**Aim of the exercise**
Where the string "RowText" occurs in a line of the data below, that line should be copied.

[Stored items]
* * * * *

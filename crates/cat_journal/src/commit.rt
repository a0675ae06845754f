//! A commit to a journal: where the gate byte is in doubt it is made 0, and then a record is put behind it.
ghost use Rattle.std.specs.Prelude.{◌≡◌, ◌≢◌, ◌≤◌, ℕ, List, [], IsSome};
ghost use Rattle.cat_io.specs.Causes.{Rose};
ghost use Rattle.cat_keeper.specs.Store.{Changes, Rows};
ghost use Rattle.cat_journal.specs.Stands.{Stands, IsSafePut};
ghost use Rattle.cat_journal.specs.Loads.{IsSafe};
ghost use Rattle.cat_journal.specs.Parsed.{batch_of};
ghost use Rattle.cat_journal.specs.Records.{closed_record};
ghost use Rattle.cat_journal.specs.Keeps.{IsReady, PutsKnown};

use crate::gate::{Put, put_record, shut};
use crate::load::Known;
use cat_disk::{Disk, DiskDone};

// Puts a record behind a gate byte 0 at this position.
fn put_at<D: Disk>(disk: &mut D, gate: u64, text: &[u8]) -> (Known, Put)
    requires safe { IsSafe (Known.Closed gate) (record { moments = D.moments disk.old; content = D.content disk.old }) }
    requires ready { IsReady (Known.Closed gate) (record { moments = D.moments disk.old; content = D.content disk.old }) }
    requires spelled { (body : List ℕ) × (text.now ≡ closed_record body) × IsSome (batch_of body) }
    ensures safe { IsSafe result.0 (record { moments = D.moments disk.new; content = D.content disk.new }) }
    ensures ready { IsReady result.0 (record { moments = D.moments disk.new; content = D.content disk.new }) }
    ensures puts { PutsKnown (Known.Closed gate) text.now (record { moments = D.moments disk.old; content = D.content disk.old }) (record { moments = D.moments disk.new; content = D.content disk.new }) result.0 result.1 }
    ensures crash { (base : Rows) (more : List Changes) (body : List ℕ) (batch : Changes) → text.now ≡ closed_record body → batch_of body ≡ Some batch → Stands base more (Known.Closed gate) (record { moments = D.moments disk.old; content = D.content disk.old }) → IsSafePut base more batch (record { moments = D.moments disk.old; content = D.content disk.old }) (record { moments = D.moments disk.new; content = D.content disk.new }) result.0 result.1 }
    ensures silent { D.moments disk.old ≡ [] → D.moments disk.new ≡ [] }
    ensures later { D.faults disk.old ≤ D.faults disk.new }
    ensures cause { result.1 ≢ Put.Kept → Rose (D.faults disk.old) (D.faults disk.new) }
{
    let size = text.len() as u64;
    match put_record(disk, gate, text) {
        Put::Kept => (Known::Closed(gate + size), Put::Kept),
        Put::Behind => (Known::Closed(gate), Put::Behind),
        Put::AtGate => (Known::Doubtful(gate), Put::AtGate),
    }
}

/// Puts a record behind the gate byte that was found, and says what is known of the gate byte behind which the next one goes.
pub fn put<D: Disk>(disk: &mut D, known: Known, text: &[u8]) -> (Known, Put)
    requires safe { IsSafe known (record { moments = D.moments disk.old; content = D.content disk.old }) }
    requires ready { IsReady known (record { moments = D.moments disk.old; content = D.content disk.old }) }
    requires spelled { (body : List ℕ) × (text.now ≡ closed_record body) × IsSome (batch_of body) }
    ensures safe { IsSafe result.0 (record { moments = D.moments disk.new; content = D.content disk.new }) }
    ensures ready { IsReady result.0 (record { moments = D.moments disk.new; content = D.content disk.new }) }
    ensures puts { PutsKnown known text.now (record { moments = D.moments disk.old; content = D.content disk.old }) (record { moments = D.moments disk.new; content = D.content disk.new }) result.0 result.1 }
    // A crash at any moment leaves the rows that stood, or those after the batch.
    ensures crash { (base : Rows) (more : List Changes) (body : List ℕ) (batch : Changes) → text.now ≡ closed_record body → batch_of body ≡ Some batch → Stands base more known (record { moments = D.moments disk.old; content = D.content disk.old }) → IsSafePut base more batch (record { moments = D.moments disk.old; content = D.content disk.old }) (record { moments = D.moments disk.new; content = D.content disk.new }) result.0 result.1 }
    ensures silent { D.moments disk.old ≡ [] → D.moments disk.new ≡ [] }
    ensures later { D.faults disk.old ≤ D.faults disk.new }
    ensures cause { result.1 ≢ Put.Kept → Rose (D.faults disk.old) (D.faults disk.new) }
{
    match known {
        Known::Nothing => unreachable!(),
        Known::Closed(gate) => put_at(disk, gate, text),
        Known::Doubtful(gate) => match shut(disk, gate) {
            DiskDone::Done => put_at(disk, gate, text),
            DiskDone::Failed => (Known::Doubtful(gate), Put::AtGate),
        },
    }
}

* * * * *

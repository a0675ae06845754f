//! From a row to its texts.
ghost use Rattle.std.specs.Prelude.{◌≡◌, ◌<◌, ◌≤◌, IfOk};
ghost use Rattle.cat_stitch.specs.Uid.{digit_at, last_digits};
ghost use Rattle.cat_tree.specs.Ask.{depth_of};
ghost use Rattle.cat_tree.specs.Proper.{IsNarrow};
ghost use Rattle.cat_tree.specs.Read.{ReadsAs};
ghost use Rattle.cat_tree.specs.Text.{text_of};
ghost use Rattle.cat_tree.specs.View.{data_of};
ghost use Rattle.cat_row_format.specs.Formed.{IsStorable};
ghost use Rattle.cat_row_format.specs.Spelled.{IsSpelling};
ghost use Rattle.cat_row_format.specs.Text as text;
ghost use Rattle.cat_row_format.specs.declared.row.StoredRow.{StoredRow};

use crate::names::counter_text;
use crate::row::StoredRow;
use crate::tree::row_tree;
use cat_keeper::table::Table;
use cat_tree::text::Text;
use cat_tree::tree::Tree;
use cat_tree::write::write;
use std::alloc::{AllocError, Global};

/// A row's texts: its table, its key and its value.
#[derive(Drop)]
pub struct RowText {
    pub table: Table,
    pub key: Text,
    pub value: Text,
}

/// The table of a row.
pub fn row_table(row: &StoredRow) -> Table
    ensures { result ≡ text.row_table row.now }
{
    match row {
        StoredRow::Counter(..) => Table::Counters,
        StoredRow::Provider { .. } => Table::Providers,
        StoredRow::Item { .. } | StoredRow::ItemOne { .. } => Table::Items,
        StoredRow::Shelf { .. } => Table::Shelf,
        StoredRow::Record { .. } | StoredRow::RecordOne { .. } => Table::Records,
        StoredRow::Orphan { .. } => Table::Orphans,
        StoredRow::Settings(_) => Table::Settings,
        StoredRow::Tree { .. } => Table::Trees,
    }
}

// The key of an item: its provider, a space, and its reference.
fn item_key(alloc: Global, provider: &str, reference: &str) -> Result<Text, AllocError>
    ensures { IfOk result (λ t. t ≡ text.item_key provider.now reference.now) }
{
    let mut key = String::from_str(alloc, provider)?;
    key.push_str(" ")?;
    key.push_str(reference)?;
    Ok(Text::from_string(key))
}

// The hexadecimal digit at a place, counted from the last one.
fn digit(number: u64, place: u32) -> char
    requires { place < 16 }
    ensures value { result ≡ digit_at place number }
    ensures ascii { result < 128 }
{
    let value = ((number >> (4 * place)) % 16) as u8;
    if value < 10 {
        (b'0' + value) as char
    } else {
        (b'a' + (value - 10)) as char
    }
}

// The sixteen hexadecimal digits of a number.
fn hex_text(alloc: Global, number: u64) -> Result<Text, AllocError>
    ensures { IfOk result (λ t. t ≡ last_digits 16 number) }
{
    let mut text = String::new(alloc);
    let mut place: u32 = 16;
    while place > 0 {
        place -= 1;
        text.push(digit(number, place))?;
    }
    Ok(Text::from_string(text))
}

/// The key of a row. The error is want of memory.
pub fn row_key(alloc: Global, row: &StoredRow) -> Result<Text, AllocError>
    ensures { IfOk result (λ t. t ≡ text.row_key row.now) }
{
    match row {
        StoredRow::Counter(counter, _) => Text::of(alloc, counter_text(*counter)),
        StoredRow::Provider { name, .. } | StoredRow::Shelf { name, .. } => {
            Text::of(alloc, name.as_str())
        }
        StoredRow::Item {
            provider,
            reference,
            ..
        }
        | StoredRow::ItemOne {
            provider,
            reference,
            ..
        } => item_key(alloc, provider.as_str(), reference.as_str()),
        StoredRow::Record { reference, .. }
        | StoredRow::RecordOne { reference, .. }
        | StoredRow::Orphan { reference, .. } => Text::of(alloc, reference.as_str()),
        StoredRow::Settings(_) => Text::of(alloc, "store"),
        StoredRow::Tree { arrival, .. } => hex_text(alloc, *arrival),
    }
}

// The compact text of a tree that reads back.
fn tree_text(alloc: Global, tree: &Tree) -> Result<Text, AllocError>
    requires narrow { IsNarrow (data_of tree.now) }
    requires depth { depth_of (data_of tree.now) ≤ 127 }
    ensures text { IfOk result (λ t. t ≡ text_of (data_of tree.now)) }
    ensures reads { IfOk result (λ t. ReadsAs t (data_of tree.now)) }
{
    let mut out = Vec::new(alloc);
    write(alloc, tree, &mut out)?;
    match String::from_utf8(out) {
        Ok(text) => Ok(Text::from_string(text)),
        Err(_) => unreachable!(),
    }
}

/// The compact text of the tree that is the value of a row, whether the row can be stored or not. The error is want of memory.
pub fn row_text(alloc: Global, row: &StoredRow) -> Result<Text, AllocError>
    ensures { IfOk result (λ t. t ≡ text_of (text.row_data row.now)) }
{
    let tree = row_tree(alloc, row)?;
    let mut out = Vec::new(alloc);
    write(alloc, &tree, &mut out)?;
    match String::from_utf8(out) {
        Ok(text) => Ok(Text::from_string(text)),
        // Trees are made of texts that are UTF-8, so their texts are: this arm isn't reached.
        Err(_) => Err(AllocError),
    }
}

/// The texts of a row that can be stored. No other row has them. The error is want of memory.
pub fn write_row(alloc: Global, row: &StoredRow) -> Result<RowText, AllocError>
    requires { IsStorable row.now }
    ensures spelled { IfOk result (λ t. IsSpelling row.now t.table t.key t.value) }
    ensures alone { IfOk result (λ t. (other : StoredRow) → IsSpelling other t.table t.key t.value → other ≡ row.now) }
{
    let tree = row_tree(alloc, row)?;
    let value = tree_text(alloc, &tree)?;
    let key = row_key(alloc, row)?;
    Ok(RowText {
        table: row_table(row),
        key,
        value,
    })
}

* * * * *

**Task response**
pub struct RowText {
pub fn write_row(alloc: Global, row: &StoredRow) -> Result<RowText, AllocError>
    Ok(RowText {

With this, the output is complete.